● Information given:
++++
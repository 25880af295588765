// The frame records, one after the other in lent words, and the protections.
ghost use Rattle.std.specs.Prelude.{◌≡◌, ◌<◌, ◌+◌, ◌*◌, ℕ, length, get_or, set};
ghost use Rattle.board.specs.declared.Board as any;
ghost use Rattle.board.specs.Board.{Regular};
ghost use Rattle.manager.specs.Tables.{record_words, record_at, put_record, start_word, records_keep_rules, mapping_state, instructions_of, protection, protection_at, tabulate, Colours};

use board::Board;
use mapping::{Mapping, MappingList};
use page_model::FrameRecord;
use page_model::masks::Masks;

// The words of a record: held, stale, dirty, busy, dirty colour; held and stale in the instruction cache.
pub const RECORD_WORDS: usize = 7;

// The word at a place, 0 past the end.
fn word_at(words: &[u32], i: usize) -> u32
    ensures { result ≡ get_or words.now i 0 }
{
    words.get(i).copied().unwrap_or(0)
}

// Stores a word at a place; past the end nothing changes.
fn put_word(words: &mut [u32], i: usize, word: u32)
    ensures { words.new ≡ set words.old i word }
{
    if i < words.len() {
        words[i] = word;
    }
}

// The record of a frame.
pub fn record_at(records: &[u32], frame: u8) -> FrameRecord
    ensures { result ≡ record_at records.now frame }
{
    let [
        held,
        stale,
        dirty,
        busy,
        dirty_colour,
        instructions_held,
        instructions_stale,
    ] = words_at(records, frame);
    FrameRecord {
        masks: Masks { held, stale },
        dirty,
        busy,
        dirty_colour,
        instructions: Masks {
            held: instructions_held,
            stale: instructions_stale,
        },
    }
}

// The words of a frame's record, 0 where they lie past the end. One test says that none does.
fn words_at(records: &[u32], frame: u8) -> [u32; RECORD_WORDS]
    ensures { (k : ℕ) → k < record_words → get_or result k 0 ≡ get_or records.now (frame * record_words + k) 0 }
{
    let at = usize::from(frame) * RECORD_WORDS;
    match records.get(at..at + RECORD_WORDS) {
        Some(words) => words.try_into().unwrap(),
        None => std::array::from_fn(|i| word_at(records, at + i)),
    }
}

// Stores the record of a frame.
pub fn put_record(records: &mut [u32], frame: u8, record: FrameRecord)
    ensures { records.new ≡ put_record records.old frame «record» }
{
    let at = usize::from(frame) * RECORD_WORDS;
    put_word(records, at, record.masks.held);
    put_word(records, at + 1, record.masks.stale);
    put_word(records, at + 2, record.dirty);
    put_word(records, at + 3, record.busy);
    put_word(records, at + 4, record.dirty_colour);
    put_word(records, at + 5, record.instructions.held);
    put_word(records, at + 6, record.instructions.stale);
}

// Makes every record that of the start: nothing cached, and no dirty colour.
pub fn start(colours: usize, records: &mut [u32])
    requires { Colours colours }
    ensures { records.new ≡ tabulate (length records.old) (start_word colours) }
{
    for (at, word) in records.iter_mut().enumerate() {
        *word = start_word(colours, at);
    }
}

// The word at a place of the records at the start.
fn start_word(colours: usize, i: usize) -> u32
    requires { Colours colours }
    ensures { result ≡ start_word colours i }
{
    if i % RECORD_WORDS == 4 {
        colours as u32
    } else {
        0
    }
}

// Whether the record of every frame keeps the rules.
pub fn records_keep_rules(board: Board, records: &[u32]) -> bool
    requires { Regular board }
    ensures { result ≡ records_keep_rules board records.now }
{
    let frames = u8::try_from(board.frames).unwrap();
    for frame in 0..frames {
        if !record_at(records, frame).keeps_rules(board.colours) {
            return false;
        }
    }
    true
}

// What a mapping lets its program do without a stop: 0 nothing, 1 read, 2 read and write, and 4 more to fetch. The sum of three tests, not a branch on
// what the record holds, which a processor could not foresee.
fn protection_of(colours: usize, records: &[u32], m: Mapping) -> u8
    requires { Colours colours }
    ensures { (b : any.Board) → b.colours ≡ colours → result ≡ protection (mapping_state b records.now m) (instructions_of b records.now m) m.rights }
{
    let r = record_at(records, m.frame);
    let colour = usize::from(m.page) % colours;
    let written = r.holds_dirty(colour) & (m.rights == mapping::READ_WRITE);
    let fetched = r.holds_instructions(colour) & (m.rights == mapping::READ_FETCH);
    u8::from(r.holds(colour)) + u8::from(written) + 4 * u8::from(fetched)
}

// Fills the whole buffer of protections as the list and the records say, where a page's colour is its number modulo colours. The list is read
// in place: handing it on copies it.
pub fn refill(colours: usize, list: MappingList, records: &[u32], protections: &mut [u8])
    requires { Colours colours }
    ensures { (b : any.Board) → b.colours ≡ colours
        → protections.new ≡ tabulate (length protections.old) (protection_at b list records.now) }
{
    let unlisted = Mapping::zero();
    let listed = list.count.min(protections.len());
    for (i, protection) in protections[..listed].iter_mut().enumerate() {
        let m = list.items.get(i).unwrap_or(&unlisted);
        *protection = protection_of(colours, records, *m);
    }
    protections[listed..].fill(0);
}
++++
● The task:
Where does the string "length" appear in the records above? Return every line that holds it.

● Exercise result:
ghost use Rattle.std.specs.Prelude.{◌≡◌, ◌<◌, ◌+◌, ◌*◌, ℕ, length, get_or, set};
    ensures { records.new ≡ tabulate (length records.old) (start_word colours) }
        → protections.new ≡ tabulate (length protections.old) (protection_at b list records.now) }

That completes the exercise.